(Stored data entries)
Segment Open
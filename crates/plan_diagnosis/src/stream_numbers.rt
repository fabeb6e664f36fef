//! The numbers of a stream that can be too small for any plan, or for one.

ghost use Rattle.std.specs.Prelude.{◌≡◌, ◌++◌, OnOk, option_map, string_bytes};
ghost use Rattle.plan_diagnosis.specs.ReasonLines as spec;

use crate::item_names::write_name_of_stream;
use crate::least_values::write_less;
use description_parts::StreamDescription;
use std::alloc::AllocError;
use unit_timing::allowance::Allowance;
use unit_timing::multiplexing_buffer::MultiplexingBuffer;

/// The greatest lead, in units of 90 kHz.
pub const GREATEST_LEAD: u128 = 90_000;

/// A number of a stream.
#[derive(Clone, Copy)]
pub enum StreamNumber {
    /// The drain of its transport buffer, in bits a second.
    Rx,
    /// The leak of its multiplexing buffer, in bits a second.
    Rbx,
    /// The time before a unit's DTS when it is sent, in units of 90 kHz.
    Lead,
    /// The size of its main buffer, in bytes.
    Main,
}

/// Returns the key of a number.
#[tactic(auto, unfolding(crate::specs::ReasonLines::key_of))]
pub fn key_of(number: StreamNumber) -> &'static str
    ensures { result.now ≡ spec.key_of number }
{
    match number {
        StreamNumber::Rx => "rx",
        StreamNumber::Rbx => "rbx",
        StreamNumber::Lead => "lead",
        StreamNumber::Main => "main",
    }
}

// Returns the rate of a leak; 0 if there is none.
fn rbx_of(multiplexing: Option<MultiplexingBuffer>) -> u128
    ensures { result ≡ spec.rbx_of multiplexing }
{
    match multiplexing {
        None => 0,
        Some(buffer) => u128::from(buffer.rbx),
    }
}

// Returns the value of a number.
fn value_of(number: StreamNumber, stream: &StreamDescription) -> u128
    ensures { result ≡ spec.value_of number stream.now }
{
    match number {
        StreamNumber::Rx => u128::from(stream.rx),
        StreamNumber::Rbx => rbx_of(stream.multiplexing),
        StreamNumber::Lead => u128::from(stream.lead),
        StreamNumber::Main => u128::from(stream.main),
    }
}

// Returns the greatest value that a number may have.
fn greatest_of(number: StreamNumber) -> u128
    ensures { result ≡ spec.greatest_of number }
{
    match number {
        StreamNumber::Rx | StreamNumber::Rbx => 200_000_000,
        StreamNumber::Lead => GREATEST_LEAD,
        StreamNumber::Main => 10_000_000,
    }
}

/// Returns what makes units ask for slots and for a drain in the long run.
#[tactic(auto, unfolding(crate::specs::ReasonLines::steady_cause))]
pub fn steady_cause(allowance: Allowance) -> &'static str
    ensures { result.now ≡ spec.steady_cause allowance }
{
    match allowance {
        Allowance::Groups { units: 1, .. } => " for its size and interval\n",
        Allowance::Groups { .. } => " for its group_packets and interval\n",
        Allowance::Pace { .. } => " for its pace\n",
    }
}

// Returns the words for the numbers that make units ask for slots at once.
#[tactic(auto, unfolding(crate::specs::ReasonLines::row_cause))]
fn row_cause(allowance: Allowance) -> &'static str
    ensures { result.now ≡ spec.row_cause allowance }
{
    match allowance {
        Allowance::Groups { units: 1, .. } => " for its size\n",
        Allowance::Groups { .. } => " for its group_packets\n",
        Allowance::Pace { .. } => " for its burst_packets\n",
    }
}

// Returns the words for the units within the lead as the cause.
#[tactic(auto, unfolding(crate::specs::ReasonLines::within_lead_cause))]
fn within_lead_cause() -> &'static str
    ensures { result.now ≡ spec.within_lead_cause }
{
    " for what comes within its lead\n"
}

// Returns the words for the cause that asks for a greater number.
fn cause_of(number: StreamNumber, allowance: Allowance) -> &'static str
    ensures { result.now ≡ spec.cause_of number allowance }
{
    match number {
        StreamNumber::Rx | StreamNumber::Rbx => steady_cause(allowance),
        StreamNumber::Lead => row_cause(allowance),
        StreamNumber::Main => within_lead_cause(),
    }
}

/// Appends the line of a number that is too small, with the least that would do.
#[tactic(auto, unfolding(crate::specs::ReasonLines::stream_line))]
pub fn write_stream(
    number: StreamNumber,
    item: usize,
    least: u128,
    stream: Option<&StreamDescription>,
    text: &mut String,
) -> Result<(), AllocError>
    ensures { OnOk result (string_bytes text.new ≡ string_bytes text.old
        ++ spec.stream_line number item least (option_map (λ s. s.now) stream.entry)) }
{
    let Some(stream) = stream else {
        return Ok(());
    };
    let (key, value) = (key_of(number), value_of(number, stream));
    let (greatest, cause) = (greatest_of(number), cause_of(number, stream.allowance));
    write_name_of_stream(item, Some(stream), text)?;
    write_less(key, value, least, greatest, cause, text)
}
Segment Closed
Segment Open
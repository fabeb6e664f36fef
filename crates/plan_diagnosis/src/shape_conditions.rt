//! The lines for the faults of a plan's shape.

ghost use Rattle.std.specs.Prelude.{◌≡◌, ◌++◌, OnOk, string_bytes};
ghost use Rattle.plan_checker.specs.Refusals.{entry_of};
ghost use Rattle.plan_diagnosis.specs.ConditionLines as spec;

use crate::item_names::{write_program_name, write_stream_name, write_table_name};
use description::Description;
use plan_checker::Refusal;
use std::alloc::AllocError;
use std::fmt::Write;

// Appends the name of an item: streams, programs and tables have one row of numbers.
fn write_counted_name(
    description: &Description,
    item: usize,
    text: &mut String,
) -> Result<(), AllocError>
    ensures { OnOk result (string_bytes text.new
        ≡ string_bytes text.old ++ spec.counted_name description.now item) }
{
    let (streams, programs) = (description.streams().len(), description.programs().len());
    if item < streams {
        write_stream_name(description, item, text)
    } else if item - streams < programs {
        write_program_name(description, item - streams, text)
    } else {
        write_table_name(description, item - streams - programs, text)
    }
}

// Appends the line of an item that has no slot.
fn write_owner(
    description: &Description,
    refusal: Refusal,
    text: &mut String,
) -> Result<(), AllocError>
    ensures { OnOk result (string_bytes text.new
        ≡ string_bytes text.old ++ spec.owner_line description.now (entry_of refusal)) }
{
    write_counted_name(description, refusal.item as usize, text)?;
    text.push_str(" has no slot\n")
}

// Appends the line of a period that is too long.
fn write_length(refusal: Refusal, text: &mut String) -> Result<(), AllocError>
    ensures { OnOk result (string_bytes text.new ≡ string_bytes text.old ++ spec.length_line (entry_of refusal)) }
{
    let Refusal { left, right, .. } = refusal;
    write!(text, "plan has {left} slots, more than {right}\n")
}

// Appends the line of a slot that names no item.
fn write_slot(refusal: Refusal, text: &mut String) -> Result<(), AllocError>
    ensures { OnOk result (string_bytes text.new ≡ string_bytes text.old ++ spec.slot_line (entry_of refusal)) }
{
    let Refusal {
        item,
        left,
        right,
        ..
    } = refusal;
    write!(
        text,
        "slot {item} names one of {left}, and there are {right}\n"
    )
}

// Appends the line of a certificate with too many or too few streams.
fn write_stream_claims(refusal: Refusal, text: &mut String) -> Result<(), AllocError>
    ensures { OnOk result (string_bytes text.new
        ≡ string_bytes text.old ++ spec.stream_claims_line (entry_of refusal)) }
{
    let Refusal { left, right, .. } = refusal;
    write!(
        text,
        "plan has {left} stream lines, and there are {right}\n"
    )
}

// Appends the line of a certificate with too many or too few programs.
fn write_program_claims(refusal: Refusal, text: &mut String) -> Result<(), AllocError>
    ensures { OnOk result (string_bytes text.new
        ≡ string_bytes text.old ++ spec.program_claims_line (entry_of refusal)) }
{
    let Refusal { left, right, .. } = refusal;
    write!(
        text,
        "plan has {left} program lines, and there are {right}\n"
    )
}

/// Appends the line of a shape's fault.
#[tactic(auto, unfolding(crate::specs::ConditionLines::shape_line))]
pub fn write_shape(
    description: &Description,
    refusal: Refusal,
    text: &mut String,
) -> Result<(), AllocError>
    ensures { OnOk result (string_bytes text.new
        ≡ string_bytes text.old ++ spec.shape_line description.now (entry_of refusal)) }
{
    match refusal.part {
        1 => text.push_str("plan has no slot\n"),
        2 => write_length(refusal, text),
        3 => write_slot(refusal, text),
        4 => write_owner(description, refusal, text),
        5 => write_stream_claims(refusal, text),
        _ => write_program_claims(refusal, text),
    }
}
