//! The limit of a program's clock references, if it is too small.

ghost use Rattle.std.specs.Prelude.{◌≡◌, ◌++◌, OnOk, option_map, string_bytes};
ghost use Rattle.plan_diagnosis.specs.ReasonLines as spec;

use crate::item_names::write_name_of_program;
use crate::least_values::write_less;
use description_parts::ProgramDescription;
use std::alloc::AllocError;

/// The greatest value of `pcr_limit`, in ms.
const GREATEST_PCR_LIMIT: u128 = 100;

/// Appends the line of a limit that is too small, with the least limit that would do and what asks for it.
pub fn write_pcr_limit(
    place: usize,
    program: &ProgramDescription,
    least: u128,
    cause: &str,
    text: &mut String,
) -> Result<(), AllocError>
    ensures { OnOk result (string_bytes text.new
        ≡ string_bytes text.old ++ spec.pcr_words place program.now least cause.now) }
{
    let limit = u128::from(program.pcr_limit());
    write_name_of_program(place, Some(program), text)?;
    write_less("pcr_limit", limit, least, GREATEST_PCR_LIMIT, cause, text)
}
Segment Closed
Segment Open
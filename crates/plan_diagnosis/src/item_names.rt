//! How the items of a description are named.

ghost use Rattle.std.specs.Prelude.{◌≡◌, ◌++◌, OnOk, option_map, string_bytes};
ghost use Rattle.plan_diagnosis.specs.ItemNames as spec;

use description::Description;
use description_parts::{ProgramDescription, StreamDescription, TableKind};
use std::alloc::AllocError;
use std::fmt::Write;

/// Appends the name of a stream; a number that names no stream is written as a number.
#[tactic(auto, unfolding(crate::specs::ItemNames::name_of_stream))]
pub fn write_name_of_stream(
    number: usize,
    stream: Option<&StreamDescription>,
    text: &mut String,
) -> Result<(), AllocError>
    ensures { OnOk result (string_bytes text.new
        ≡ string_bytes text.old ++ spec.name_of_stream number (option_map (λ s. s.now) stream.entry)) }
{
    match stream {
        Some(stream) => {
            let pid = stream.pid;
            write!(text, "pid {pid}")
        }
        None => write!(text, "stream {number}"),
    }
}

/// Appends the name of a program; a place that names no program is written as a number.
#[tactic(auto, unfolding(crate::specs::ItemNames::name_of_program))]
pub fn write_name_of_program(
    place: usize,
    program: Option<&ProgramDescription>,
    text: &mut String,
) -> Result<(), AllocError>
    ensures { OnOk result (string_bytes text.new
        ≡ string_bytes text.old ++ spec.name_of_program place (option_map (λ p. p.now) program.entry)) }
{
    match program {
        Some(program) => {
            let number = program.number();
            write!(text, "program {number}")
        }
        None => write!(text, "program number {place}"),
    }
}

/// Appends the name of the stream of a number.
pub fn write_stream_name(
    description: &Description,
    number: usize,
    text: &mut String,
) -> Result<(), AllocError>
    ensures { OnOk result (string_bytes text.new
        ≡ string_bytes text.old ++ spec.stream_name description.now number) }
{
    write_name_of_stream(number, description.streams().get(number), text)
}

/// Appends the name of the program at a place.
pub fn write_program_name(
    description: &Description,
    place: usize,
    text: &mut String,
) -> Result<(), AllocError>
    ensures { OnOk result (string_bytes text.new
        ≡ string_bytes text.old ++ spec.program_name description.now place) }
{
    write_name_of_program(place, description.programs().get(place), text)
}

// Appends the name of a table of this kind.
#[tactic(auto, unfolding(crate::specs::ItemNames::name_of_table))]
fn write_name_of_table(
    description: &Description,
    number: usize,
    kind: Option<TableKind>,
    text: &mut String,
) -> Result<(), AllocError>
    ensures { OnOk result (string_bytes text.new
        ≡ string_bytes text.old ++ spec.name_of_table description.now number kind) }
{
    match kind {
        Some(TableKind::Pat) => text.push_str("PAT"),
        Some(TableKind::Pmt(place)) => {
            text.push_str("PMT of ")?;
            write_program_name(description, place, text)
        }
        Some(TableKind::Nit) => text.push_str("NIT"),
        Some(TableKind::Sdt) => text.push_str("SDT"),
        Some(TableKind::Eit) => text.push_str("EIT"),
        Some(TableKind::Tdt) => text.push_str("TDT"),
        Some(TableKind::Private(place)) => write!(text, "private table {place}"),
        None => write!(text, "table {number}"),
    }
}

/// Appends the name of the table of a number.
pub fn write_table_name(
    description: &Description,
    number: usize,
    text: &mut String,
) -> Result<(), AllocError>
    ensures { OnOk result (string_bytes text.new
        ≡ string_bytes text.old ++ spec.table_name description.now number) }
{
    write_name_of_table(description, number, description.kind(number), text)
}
Segment Closed
Each line above holding the string "there" counts once; please report the total and nothing more.

• Written answer: 4